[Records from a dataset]
--------------------

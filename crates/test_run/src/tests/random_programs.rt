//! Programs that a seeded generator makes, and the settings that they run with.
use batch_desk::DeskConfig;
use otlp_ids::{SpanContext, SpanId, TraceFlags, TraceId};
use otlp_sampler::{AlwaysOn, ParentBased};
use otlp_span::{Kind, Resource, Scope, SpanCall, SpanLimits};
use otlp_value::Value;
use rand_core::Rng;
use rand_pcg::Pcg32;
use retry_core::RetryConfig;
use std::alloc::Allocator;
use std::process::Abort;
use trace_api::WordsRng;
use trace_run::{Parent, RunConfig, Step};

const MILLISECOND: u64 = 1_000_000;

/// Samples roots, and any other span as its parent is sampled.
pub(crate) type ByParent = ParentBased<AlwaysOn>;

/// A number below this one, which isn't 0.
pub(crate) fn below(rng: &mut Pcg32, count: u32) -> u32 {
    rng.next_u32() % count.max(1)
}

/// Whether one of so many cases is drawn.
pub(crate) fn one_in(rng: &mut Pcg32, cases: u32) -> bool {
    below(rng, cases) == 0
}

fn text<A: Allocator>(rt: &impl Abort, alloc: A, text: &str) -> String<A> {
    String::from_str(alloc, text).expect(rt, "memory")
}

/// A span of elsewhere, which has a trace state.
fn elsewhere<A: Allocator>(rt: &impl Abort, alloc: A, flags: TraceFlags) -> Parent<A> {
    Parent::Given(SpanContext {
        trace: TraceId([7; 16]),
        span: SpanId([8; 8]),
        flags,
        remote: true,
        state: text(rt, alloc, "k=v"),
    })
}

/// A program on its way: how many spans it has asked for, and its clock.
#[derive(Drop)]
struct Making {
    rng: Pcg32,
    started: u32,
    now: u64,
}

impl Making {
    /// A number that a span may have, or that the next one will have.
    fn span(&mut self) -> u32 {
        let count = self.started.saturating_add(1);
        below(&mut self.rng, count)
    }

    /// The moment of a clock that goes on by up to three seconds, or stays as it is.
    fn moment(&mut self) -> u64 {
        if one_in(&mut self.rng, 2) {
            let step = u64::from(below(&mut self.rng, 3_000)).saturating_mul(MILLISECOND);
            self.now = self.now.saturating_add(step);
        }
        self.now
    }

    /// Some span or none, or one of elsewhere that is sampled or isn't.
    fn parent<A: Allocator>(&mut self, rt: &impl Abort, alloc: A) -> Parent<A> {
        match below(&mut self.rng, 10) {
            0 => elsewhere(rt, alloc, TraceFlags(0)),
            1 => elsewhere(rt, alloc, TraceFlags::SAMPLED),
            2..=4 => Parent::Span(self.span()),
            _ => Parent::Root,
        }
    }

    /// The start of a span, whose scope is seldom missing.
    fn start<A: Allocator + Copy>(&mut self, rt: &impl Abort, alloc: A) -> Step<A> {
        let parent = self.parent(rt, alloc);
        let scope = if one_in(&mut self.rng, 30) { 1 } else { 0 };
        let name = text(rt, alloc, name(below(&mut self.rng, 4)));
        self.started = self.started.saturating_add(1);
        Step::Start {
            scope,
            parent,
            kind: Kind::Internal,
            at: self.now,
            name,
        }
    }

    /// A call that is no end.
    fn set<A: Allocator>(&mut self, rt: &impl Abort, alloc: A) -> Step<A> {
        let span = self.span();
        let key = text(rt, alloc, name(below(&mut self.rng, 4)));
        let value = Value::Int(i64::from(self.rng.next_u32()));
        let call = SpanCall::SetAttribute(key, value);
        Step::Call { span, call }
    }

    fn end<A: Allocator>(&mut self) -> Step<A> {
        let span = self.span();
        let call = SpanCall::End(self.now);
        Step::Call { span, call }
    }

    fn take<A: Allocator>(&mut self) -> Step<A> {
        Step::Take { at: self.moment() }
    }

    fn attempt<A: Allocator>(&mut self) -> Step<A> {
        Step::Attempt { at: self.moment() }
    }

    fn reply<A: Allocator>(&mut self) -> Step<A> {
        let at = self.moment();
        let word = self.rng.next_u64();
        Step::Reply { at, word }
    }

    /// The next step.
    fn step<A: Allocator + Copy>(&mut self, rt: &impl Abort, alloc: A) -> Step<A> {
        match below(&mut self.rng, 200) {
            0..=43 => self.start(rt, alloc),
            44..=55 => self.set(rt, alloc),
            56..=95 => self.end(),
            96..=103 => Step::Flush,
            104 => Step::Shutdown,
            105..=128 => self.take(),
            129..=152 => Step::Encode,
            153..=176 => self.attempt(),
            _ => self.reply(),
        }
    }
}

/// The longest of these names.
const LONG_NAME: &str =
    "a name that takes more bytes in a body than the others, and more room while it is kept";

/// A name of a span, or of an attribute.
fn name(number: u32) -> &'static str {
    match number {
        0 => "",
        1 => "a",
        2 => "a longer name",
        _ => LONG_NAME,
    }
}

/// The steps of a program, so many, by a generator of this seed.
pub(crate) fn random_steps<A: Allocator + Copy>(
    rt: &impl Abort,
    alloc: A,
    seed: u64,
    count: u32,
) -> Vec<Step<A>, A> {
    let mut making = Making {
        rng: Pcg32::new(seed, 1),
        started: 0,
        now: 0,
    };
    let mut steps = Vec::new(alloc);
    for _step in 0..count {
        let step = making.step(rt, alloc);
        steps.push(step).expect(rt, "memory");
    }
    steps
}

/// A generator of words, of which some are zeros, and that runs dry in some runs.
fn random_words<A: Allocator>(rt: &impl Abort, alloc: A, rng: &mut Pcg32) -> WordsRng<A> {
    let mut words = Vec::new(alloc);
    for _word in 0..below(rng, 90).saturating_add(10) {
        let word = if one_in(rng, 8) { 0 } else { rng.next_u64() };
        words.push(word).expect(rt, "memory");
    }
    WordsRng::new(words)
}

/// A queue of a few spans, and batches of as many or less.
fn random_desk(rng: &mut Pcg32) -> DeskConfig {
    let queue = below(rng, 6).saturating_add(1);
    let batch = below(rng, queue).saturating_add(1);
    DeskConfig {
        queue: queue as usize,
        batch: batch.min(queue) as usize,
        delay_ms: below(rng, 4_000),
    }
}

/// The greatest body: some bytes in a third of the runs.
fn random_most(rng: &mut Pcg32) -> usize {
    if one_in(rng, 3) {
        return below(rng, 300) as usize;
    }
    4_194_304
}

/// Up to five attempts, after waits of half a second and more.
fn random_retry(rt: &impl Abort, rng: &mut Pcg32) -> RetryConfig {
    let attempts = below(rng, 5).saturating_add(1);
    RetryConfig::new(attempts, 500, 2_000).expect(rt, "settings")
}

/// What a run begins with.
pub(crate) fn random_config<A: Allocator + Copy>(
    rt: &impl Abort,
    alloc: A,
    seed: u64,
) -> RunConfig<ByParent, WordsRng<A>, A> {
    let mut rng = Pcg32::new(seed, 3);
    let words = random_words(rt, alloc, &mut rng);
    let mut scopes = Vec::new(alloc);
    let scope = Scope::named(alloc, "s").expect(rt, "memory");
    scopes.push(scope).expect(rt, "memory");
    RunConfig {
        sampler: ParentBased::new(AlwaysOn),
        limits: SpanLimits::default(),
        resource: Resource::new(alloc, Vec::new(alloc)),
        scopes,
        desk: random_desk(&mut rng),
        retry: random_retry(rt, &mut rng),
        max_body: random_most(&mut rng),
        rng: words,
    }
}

--------------------

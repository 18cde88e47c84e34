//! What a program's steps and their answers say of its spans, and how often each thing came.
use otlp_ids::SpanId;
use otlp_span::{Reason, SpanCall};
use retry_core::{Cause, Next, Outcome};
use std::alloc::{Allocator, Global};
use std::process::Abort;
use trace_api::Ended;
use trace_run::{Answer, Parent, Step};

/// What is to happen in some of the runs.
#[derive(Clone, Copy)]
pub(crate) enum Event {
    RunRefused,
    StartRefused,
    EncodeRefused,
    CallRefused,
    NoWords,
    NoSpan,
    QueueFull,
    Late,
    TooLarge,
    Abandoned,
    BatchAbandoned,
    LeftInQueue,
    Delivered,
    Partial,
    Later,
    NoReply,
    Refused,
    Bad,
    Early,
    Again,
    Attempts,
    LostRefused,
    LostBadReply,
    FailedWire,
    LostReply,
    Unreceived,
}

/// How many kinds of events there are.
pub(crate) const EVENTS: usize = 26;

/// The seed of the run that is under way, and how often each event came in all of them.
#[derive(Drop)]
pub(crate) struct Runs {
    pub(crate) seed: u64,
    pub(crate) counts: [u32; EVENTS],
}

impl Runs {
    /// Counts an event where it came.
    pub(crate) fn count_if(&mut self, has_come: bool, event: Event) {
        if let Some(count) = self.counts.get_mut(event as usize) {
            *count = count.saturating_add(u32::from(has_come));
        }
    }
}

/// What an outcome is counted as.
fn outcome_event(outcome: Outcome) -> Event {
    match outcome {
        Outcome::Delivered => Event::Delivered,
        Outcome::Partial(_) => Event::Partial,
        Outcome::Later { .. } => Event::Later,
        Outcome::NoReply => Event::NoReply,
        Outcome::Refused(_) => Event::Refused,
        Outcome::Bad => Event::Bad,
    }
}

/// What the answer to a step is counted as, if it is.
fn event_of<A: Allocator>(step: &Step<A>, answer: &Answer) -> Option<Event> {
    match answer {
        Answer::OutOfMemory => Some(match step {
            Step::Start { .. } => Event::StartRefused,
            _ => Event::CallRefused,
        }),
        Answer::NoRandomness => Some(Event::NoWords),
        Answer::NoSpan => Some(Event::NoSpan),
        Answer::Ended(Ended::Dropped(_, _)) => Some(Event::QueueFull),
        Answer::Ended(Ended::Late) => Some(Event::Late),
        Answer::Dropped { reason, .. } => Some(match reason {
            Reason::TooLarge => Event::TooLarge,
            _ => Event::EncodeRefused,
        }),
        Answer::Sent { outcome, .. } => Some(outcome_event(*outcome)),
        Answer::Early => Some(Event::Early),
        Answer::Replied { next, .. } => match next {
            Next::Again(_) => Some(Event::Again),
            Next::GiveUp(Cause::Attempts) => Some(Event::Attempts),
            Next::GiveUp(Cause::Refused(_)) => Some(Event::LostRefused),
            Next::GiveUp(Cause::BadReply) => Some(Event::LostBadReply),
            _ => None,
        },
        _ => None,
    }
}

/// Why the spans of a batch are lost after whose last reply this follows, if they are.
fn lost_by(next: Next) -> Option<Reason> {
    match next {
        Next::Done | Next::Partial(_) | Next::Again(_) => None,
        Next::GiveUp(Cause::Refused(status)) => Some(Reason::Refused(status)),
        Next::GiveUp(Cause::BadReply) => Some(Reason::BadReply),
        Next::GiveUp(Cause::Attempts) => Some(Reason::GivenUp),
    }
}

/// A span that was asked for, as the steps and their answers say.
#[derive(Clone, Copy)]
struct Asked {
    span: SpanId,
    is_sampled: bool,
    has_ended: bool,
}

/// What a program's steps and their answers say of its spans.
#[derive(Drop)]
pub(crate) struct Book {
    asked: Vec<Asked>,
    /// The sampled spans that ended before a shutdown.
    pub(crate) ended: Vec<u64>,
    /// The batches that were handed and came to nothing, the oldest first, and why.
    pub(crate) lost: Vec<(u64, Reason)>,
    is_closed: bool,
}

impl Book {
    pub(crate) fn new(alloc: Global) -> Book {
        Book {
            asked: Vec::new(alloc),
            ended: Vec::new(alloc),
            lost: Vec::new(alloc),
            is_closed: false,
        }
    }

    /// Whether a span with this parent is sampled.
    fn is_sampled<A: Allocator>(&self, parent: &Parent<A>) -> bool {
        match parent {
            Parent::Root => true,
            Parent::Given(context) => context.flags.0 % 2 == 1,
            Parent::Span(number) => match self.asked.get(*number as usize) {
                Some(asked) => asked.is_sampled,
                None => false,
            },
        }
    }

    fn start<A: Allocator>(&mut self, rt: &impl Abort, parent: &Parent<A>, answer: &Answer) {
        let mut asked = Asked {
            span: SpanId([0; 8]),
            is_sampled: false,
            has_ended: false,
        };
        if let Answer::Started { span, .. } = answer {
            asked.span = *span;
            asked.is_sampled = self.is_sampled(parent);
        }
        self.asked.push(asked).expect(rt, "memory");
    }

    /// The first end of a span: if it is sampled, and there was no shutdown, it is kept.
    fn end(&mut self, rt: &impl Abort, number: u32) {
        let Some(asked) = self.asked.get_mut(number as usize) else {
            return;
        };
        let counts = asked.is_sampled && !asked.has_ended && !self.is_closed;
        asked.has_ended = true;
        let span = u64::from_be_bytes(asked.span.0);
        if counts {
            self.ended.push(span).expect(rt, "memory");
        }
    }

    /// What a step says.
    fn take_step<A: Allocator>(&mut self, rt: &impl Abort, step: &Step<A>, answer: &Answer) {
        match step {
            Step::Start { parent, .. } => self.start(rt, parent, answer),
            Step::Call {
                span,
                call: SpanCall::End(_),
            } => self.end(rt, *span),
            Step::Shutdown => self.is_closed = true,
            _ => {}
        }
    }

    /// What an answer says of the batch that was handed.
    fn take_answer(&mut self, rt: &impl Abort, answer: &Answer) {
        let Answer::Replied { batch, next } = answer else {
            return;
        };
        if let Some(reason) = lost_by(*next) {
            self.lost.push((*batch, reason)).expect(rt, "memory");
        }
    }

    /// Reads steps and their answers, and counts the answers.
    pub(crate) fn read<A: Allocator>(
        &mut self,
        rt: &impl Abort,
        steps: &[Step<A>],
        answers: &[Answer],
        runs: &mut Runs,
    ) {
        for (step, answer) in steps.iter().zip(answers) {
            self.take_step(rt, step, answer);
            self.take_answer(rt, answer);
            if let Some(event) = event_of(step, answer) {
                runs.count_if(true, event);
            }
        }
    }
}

--------------------

* WHAT IS NEEDED:
Pull every line with the word "LostBadReply" from the data.

* TASK RESULT:
    LostBadReply,
            Next::GiveUp(Cause::BadReply) => Some(Event::LostBadReply),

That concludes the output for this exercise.